Say how many lines in the records contain the string "there". Nothing but the number should be given.
►
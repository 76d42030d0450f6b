//! Integers of a payload, by range.
ghost use Rattle.std.specs.Prelude.{◌≡◌, ◌≤◌, ◌≤ℤ◌, length, option_map, IfOk, ◌≢◌, IfErr};
ghost use Rattle.marked_json.specs.Reading.{node};
ghost use Rattle.transaction_event.specs.Integer as spec;
ghost use Rattle.transaction_event.specs.declared.fault.PayloadFault.TheVariants.{OutOfMemory};

use crate::PayloadFault;
use marked_json::Node;
use reading_decimal::is_integer;

fn in_range(number: i64, low: i64, high: i64) -> Result<i64, PayloadFault>
    ensures value { result ≡ spec.within low high number }
    ensures range { IfOk result (λ n. (low ≤ℤ n) × (n ≤ℤ high)) }
    ensures memory { IfErr result (λ f. f ≢ OutOfMemory) }
{
    if low <= number && number <= high {
        Ok(number)
    } else {
        Err(PayloadFault::Range)
    }
}

fn integer_within(token: &str, low: i64, high: i64) -> Result<i64, PayloadFault>
    ensures value { result ≡ spec.integer_within low high token.now }
    ensures range { IfOk result (λ n. (low ≤ℤ n) × (n ≤ℤ high)) }
    ensures memory { IfErr result (λ f. f ≢ OutOfMemory) }
{
    if !is_integer(token) {
        return Err(PayloadFault::WrongType);
    }
    match token.parse::<i64>() {
        Ok(number) => in_range(number, low, high),
        Err(_) => Err(PayloadFault::Range),
    }
}

fn integer_in(member: Node, low: i64, high: i64) -> Result<i64, PayloadFault>
    ensures value { result ≡ spec.integer_in low high (node member.entry) }
    ensures range { IfOk result (λ n. (low ≤ℤ n) × (n ≤ℤ high)) }
    ensures memory { IfErr result (λ f. f ≢ OutOfMemory) }
{
    match member.number() {
        Some(token) => integer_within(token, low, high),
        None => Err(PayloadFault::WrongType),
    }
}

/// An integer from `low` to `high` that must be there. Faults: `Missing`, `WrongType`, `Range`.
pub fn required_integer_of(member: Option<Node>, low: i64, high: i64) -> Result<i64, PayloadFault>
    ensures value { result ≡ spec.required_integer_of low high (option_map node member.entry) }
    ensures range { IfOk result (λ n. (low ≤ℤ n) × (n ≤ℤ high)) }
    ensures memory { IfErr result (λ f. f ≢ OutOfMemory) }
{
    match member {
        Some(member) => integer_in(member, low, high),
        None => Err(PayloadFault::Missing),
    }
}

/// [`required_integer_of`] of the member of this name.
pub fn required_integer(object: Node, name: &str, low: i64, high: i64) -> Result<i64, PayloadFault>
    requires { length name.now ≤ 63 }
    ensures value { result ≡ spec.required_integer low high name.now (node object.entry) }
    ensures range { IfOk result (λ n. (low ≤ℤ n) × (n ≤ℤ high)) }
    ensures memory { IfErr result (λ f. f ≢ OutOfMemory) }
{
    required_integer_of(object.field(name), low, high)
}

/// An integer from `low` to `high`, or none if the member is absent. Faults: `WrongType`, `Range`.
pub fn optional_integer(
    object: Node,
    name: &str,
    low: i64,
    high: i64,
) -> Result<Option<i64>, PayloadFault>
    requires { length name.now ≤ 63 }
    ensures value { result ≡ spec.optional_integer low high name.now (node object.entry) }
    ensures memory { IfErr result (λ f. f ≢ OutOfMemory) }
{
    match object.field(name) {
        Some(member) => Ok(Some(integer_in(member, low, high)?)),
        None => Ok(None),
    }
}
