//! The counted readings of an event.
ghost use Rattle.std.specs.Prelude.{◌≡◌, ◌≢◌, ◌≤◌, [], ◌∷◌, ◌++◌, length, Ok, Err, OnOk, IfErr};
ghost use Rattle.ledger_model.specs.Ranges.{most_event_readings};
ghost use Rattle.transaction_event.specs.Readings as spec;
ghost use Rattle.transaction_event.specs.declared.fault.PayloadFault.TheVariants.{OutOfMemory};

use crate::PayloadFault;
use ledger_model::{MAX_EVENT_READINGS, Reading};
use std::alloc::Global;
use std::marker::Model;

/// The counted readings so far, at most 1,024.
#[derive(Drop)]
pub struct CountedReadings {
    items: Vec<Reading>,
}

impl Model for CountedReadings {
    ghost use Rattle.std.specs.Prelude.{List, ◌≤◌, length};
    ghost use Rattle.ledger_model.{specs.Event.MeterReading, specs.Ranges.most_event_readings};

    ghost Value = { List MeterReading };

    ghost view = { λ r. r.items.items };

    ghost invariant = { λ r. length r.items.items ≤ most_event_readings };
}

impl CountedReadings {
    /// No reading yet; the list takes memory only when it grows.
    pub fn new(alloc: Global) -> CountedReadings
        ensures { result ≡ [] }
    {
        CountedReadings {
            items: Vec::new(alloc),
        }
    }

    /// Takes one more. Faults: `TooManyReadings` if there are 1,024 already, `OutOfMemory`.
    pub fn add(&mut self, reading: Reading) -> Result<(), PayloadFault>
        ensures ok { OnOk result (spec.one_more self.old reading ≡ Ok self.new) }
        ensures err { IfErr result (λ f. f ≢ OutOfMemory → spec.one_more self.old reading ≡ Err f) }
        ensures memory { IfErr result (λ f. f ≡ OutOfMemory → spec.one_more self.old reading ≡ Ok (self.old ++ reading ∷ [])) }
    {
        if self.items.len() >= MAX_EVENT_READINGS {
            return Err(PayloadFault::TooManyReadings);
        }
        match self.items.push(reading) {
            Ok(()) => Ok(()),
            Err(_) => Err(PayloadFault::OutOfMemory),
        }
    }

    /// The readings, in the order in which they came.
    pub fn into_vec(self) -> Vec<Reading>
        ensures value { result.items ≡ self }
        ensures few { length result.items ≤ most_event_readings }
    {
        self.items
    }
}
◄
## Exercise answer
2